:: Extracted material ::
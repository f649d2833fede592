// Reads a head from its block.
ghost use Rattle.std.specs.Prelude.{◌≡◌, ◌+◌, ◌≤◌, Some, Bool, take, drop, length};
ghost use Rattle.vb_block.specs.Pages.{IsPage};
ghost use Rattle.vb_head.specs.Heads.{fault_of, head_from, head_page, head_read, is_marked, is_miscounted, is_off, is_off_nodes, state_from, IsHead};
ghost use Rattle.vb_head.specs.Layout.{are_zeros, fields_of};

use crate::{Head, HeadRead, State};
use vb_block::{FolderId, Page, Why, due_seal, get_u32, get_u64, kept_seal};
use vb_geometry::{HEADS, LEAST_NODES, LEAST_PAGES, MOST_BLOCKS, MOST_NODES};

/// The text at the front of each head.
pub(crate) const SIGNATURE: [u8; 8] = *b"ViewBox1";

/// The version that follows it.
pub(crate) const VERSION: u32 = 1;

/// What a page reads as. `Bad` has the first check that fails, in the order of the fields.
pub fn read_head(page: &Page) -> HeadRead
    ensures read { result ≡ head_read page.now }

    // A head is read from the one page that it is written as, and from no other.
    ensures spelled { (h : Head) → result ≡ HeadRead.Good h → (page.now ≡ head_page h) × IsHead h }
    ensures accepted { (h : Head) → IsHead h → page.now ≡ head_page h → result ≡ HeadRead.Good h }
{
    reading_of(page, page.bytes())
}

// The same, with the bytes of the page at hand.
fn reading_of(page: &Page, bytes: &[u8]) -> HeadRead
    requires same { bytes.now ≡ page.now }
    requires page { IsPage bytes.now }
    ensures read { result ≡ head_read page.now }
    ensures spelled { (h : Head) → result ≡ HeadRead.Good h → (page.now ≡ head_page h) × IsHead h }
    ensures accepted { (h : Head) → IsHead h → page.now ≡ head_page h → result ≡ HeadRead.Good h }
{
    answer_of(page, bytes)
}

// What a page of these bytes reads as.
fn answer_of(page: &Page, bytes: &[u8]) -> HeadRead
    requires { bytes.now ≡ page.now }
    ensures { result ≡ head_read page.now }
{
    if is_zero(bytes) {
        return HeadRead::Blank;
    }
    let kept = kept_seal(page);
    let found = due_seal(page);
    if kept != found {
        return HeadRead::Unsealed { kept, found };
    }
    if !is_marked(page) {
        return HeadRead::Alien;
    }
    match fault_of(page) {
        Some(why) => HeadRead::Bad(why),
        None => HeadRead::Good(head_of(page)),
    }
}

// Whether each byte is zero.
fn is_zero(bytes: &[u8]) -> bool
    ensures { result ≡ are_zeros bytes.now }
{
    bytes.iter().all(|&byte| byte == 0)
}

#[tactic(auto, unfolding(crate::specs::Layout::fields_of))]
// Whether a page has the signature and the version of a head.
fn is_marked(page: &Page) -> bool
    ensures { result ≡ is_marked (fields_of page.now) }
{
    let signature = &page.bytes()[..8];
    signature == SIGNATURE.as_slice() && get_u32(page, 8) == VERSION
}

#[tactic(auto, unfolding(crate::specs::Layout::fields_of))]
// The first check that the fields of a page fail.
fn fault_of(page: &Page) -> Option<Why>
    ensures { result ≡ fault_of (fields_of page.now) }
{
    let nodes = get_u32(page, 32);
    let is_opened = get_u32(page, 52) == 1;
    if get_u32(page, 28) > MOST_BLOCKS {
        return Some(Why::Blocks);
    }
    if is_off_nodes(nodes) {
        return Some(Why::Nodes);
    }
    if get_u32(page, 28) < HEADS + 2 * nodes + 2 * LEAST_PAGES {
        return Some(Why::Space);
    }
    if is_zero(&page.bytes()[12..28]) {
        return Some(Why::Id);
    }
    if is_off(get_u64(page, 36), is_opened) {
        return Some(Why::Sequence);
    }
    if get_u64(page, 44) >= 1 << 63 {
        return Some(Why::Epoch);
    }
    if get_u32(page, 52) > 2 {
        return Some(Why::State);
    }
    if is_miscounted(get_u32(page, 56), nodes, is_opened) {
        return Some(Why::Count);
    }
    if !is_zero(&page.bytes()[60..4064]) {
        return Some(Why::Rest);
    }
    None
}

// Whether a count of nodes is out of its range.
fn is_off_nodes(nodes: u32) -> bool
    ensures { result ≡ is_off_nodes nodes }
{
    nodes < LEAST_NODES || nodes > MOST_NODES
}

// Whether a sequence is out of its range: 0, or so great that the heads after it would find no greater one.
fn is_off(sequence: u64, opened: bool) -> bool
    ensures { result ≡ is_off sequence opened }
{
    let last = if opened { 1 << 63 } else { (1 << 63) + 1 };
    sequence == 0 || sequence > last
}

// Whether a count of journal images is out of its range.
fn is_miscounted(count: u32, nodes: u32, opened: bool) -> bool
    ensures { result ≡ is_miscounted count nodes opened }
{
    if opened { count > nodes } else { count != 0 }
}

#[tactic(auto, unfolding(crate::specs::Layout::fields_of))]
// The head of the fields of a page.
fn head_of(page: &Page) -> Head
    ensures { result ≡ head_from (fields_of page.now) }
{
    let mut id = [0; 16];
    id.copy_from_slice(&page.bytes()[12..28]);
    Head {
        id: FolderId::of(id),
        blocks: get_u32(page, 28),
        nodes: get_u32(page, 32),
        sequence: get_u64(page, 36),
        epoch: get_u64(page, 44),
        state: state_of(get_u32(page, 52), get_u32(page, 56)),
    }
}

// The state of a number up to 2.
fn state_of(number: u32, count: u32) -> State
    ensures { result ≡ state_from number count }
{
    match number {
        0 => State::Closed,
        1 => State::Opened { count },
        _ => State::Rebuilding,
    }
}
:::
:: Extracted material ::
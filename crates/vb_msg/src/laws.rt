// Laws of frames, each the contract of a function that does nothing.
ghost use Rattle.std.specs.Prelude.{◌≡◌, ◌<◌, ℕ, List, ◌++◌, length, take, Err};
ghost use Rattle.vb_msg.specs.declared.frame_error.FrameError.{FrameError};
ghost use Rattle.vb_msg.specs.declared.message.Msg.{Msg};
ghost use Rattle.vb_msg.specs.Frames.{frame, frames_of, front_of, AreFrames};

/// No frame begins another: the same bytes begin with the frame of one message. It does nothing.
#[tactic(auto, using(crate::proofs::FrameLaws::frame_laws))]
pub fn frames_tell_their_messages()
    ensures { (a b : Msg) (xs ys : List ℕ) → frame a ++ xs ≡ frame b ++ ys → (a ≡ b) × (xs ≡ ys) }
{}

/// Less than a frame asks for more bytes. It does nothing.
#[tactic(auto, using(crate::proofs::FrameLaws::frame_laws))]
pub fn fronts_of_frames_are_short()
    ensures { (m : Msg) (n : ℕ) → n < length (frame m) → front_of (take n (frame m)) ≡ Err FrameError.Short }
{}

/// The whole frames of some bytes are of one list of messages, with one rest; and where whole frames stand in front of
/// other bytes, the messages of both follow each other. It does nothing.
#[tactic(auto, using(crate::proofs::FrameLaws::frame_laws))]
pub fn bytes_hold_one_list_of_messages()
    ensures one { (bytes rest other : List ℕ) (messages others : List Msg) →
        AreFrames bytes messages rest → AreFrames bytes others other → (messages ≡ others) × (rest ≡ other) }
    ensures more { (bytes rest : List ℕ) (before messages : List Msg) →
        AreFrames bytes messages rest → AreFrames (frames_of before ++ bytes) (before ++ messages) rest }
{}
:::
:: Work request ::
Output the lines of the records above exactly as they appear, from the line containing "result ≡ is_marked" through the line containing "let nodes = get_u32(page, 32);".

:: Task response ::
    ensures { result ≡ is_marked (fields_of page.now) }
{
    let signature = &page.bytes()[..8];
    signature == SIGNATURE.as_slice() && get_u32(page, 8) == VERSION
}

#[tactic(auto, unfolding(crate::specs::Layout::fields_of))]
// The first check that the fields of a page fail.
fn fault_of(page: &Page) -> Option<Why>
    ensures { result ≡ fault_of (fields_of page.now) }
{
    let nodes = get_u32(page, 32);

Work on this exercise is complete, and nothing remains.